THE DEFENCE OF AMBERRY PARVA.

Amberry Parva certainly existed before SHAKSPEARE's time, but I doubt
if SHAKSPEARE ever saw it. For which he was so much the poorer, seeing
that Amberry is a faithful microcosm of much of England.

Thomas Fallow, Aaron West and George Hangar are all friends of mine.
Though still comparative youthful, they are the shining lights of the
Amberry Rural Council, self-trained to face a crisis or an emergency
with calm and steady bearing. When I came upon them last week they were
seated about the bench outside the door of "The Three Cups." A fourth
man--a small hairy stranger--was addressing them.

Thomas Fallow motioned me to halt.

"We're consultin'," he explained, "with Mr. Chittenden as keeps the
baccy-shop in Wream."

Now Wream is a shade--the merest shade--more important (in its own
esteem) than Amberry. It sits astride the same high road that the
Romans carved seawards a thousand-odd years ago, and supplies us with
newspapers, telegrams and gossip. While we score in the possession of
two tin chapels to their one, we writhe inwardly over a Diamond Jubilee
Fountain which we cannot hope to surpass.

"Mr. Chittenden," pursued Thomas, "brings noos."

"Good news?" I asked.

Mr. Chittenden, like the Eldest Oyster, shook his heavy head.

"I 'eard it from a natteralized German two days ago. It seems that
they're goin' to make a fresh dash with invisible Zeppelins. Once they
can _e_-vade the ships that's watchin'----"

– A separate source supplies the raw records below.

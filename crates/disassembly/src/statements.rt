//! The statement that has an instruction's characters.

ghost use Rattle.std.specs.Prelude.{◌≡◌};
ghost use Rattle.autocoder_statements.specs.Mnemonics.{or_else};
ghost use Rattle.disassembly.specs.Statements.{in_form, in_form_if, in_forms, of_row, of_rows, said, said_before, statement_of};

use crate::parts::{address, is_own_last, last};
use addresses::Tagged;
use autocoder_statements::{MnemonicRow, OperandForm, mnemonic_rows};
use bcd::Code;

/// An instruction of the machine as a statement of Autocoder.
#[derive(Clone, Copy)]
pub struct Statement {
    /// The name of its mnemonic, with blanks after it.
    pub name: [u8; 5],
    /// The first address.
    pub first: Option<Tagged>,
    /// The second address.
    pub second: Option<Tagged>,
    /// The last character, if the mnemonic has none of itself.
    pub last: Option<Code>,
}

/// The statement of a row's mnemonic with these parts.
fn said(
    row: &MnemonicRow,
    first: Option<Tagged>,
    second: Option<Tagged>,
    last: Option<Code>,
) -> Statement
    ensures { result ≡ said row.now first second last }
{
    Statement {
        name: row.0,
        first,
        second,
        last,
    }
}

/// The statement with these addresses, if the rest is the mnemonic's own last character, or
/// nothing.
fn said_before(
    row: &MnemonicRow,
    first: Option<Tagged>,
    second: Option<Tagged>,
    text: &[Code],
) -> Option<Statement>
    ensures { result ≡ said_before row.now first second text.now }
{
    let (_, (_, own, _)) = row;
    if !is_own_last(*own, text) {
        return None;
    }
    Some(said(row, first, second, None))
}

/// The statement of a row's mnemonic that has these characters behind its operation, in a form.
#[tactic(auto, unfolding(crate::specs::Statements::in_form))]
fn in_form(row: &MnemonicRow, form: OperandForm, text: &[Code]) -> Option<Statement>
    ensures { result ≡ in_form row.now form text.now }
{
    match form {
        OperandForm::Empty => said_before(row, None, None, text),
        OperandForm::Modifier(modifiers) => {
            let code = last(modifiers, text)?;
            Some(said(row, None, None, Some(code)))
        }
        OperandForm::One(_) => {
            let first = address(text)?;
            said_before(row, Some(first), None, &text[3..])
        }
        OperandForm::OneAndModifier(_, modifiers) => {
            let first = address(text)?;
            let code = last(modifiers, &text[3..])?;
            Some(said(row, Some(first), None, Some(code)))
        }
        OperandForm::Two(_, _) => {
            let first = address(text)?;
            let rest = &text[3..];
            let second = address(rest)?;
            said_before(row, Some(first), Some(second), &rest[3..])
        }
        OperandForm::TwoAndModifier(_, _, modifiers) => {
            let first = address(text)?;
            let rest = &text[3..];
            let second = address(rest)?;
            let code = last(modifiers, &rest[3..])?;
            Some(said(row, Some(first), Some(second), Some(code)))
        }
    }
}

/// The statement in a form, if there is a form.
fn in_form_if(row: &MnemonicRow, form: Option<OperandForm>, text: &[Code]) -> Option<Statement>
    ensures { result ≡ in_form_if row.now form text.now }
{
    in_form(row, form?, text)
}

/// The statement in one of the forms of a row's mnemonic.
#[tactic(auto, unfolding(crate::specs::Statements::in_forms))]
fn in_forms(row: &MnemonicRow, text: &[Code]) -> Option<Statement>
    ensures { result ≡ in_forms row.now text.now }
{
    let (_, (_, _, forms)) = row;
    if let Some(statement) = in_form(row, forms.form, text) {
        return Some(statement);
    }
    if let Some(statement) = in_form_if(row, forms.other, text) {
        return Some(statement);
    }
    in_form_if(row, forms.third, text)
}

/// The statement of a row's mnemonic that has these characters.
#[tactic(auto, unfolding(crate::specs::Statements::of_row))]
fn of_row(row: &MnemonicRow, word: &[Code]) -> Option<Statement>
    ensures { result ≡ of_row row.now word.now }
{
    let [code, text @ ..] = word else {
        return None;
    };
    let (_, (operation, _, _)) = row;
    if code.glyph() != *operation {
        return None;
    }
    in_forms(row, text)
}

/// What a later row has, or else what an earlier one has.
fn later_or(later: Option<Statement>, earlier: Option<Statement>) -> Option<Statement>
    ensures { result ≡ or_else later earlier }
{
    if later.is_some() { later } else { earlier }
}

/// The statement of the last of these rows that has one with these characters.
#[tactic(auto, unfolding(crate::specs::Statements::of_rows))]
fn of_rows(rows: &[MnemonicRow], word: &[Code]) -> Option<Statement>
    ensures { result ≡ of_rows rows.now word.now }
{
    let mut found = None;
    for row in rows {
        found = later_or(of_row(row, word), found);
    }
    found
}

/// Returns the statement of Autocoder that has the characters of an instruction, if there is one:
/// the assembler makes just these of it. A mnemonic with a last character of its own comes before
/// one that takes it.
#[tactic(auto, unfolding(crate::specs::Statements::statement_of))]
pub fn statement_of(word: &[Code]) -> Option<Statement>
    ensures { result ≡ statement_of word.now }
{
    of_rows(mnemonic_rows(), word)
}
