//! The statement in a storage.

ghost use Rattle.std.specs.Prelude.{◌≡◌, ◌<◌, ◌≤◌, ◌+◌, length, take, IfSome};
ghost use Rattle.core_store.specs.Storage.{codes_from};
ghost use Rattle.disassembly.specs.Storage.{statement_at};

use crate::statements::{Statement, statement_of};
use bcd::Code;
use check_causes::word_length;
use core_store::Core;

/// The greatest number of characters of an instruction.
const LONGEST: usize = 8;

/// The characters from a position on, blanks behind them.
pub(crate) fn codes_from<C: Core>(core: &C, first: u16, count: u16) -> [Code; LONGEST]
    requires most { count ≤ 8 }
    requires inside { first + count ≤ length (C.cells core.now) }
    ensures { take count result ≡ codes_from (C.cells core.now) first count }
{
    let mut codes = [Code::blank(); LONGEST];
    for place in 0..count {
        codes[place as usize] = core.get_after(first, place);
    }
    codes
}

/// Returns the statement that has the characters of the instruction at a position, if one begins
/// and ends there and it has one.
#[tactic(auto, unfolding(crate::specs::Storage::statement_at, machine::specs::Word::word))]
pub fn statement_at<C: Core>(core: &C, i: u16) -> Option<Statement>
    ensures { result ≡ statement_at (C.cells core.now) i }
{
    let count = word_length(core, i)?;
    let codes = codes_from(core, i, count);
    statement_of(&codes[..count as usize])
}
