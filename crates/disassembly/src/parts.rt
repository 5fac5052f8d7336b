//! The parts of an instruction's characters.

ghost use Rattle.std.specs.Prelude.{◌≡◌, ◌<◌, ◌≤◌, bytes_eq, length, IfSome};
ghost use Rattle.core_store.specs.Storage.{largest_size};
ghost use Rattle.addresses.specs.Addresses.{written};
ghost use Rattle.disassembly.specs.Statements.{address, is_own_last, last};

use addresses::{Tagged, decode, encode_tagged};
use autocoder_statements::Modifiers;
use bcd::{Code, Zone};

/// Whether these are the characters of an address with this tag.
fn is_written(number: u16, tag: Zone, three: [Code; 3]) -> bool
    requires { number < largest_size }
    ensures { result ≡ bytes_eq (written tag number) three }
{
    encode_tagged(number, tag) == three
}

/// The address that a text begins with, if the assembler writes it so.
#[tactic(auto, using(crate::proofs::PartLemmas::address_found), unfolding(crate::specs::Statements::address))]
pub(crate) fn address(text: &[Code]) -> Option<Tagged>
    ensures address { result ≡ address text.now }
    ensures within { IfSome result (λ address. 3 ≤ length text.now) }
{
    let [first, second, third, ..] = text else {
        return None;
    };
    let three = [*first, *second, *third];
    let address = decode(three)?;
    if !is_written(address.base, second.zone(), three) {
        return None;
    }
    Some(address)
}

/// The one character that a text is, if an instruction that takes these may end in it.
#[tactic(auto, unfolding(crate::specs::Statements::last))]
pub(crate) fn last(modifiers: Modifiers, text: &[Code]) -> Option<Code>
    ensures { result ≡ last modifiers text.now }
{
    let [code] = text else {
        return None;
    };
    if !modifiers.has(*code) {
        return None;
    }
    Some(*code)
}

/// Whether a text is the last character that a mnemonic has of itself, or nothing if it has none.
#[tactic(auto, unfolding(crate::specs::Statements::is_own_last))]
pub(crate) fn is_own_last(own: Option<u8>, text: &[Code]) -> bool
    ensures { result ≡ is_own_last own text.now }
{
    match (own, text) {
        (None, []) => true,
        (Some(glyph), [code]) => code.glyph() == glyph,
        _ => false,
    }
}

He left the sentence unfinished.

"Consequence o' which," said George Hangar, "we've gone an' made
ourselves into an Informal Committee o' Defence, same as sits night an'
day in the War Office in London. An' the question before the meetin'
is, what's to be done if some fine day we wakes up to find a couple o'
thousand black 'elmets marchin' down the main road?"

"Ambush 'em," said Thomas Fallow definitely. "Told you so afore. Lie
be'ind the 'edges an' pick 'em off. My old rook-rifle'd roll 'em over
proper. Shoot straight an' keep on shootin'."

Aaron made a scornful noise in his throat.

"An' them as did get in the village'd punish us for them as didn't!
Burnin', killin' an' worse."

"Then outflank 'em," insisted Thomas doggedly. "Let 'em 'ave their fill
of advancin', same as old Joffer done, an' then ketch 'em in the side
an' discriminate 'em."

"You're not agoin' to do that with the men left in Amberry," said
Aaron. He was a market-gardener by trade. "'Twould be like a dozen
sparrers tryin' to outflank a steam-roller. Trenchin's the thing. Dig
deep, an' lay the soil loose 'long the far edge. There's a decent bit
o' shelter by Whemmick's Cottages."

"The best bein' opposite Number Five," added Fallow, whereat there was
a bellow of laughter, and Aaron flushed magnificently, for at Number
Five lives Molly Garner, wooed by Aaron, but as yet hesitating between
him and the Wream plumber.

George Hangar, who up to the present had scarcely spoken, intervened.
He has a bass voice, which on Sundays makes the little roof of the
United Bunyans quiver; for the other six days of the week he works at
a carpenter's bench in an open-fronted shed. He has a sound knowledge
of timber, and is no ignoramus concerning the values of Hepplewhite and
Sheraton.

"You're wrong," he roared. "Silly-minded an' wrong! This ain't the
Aisne. What do a village do when it's attacked? Answer me that."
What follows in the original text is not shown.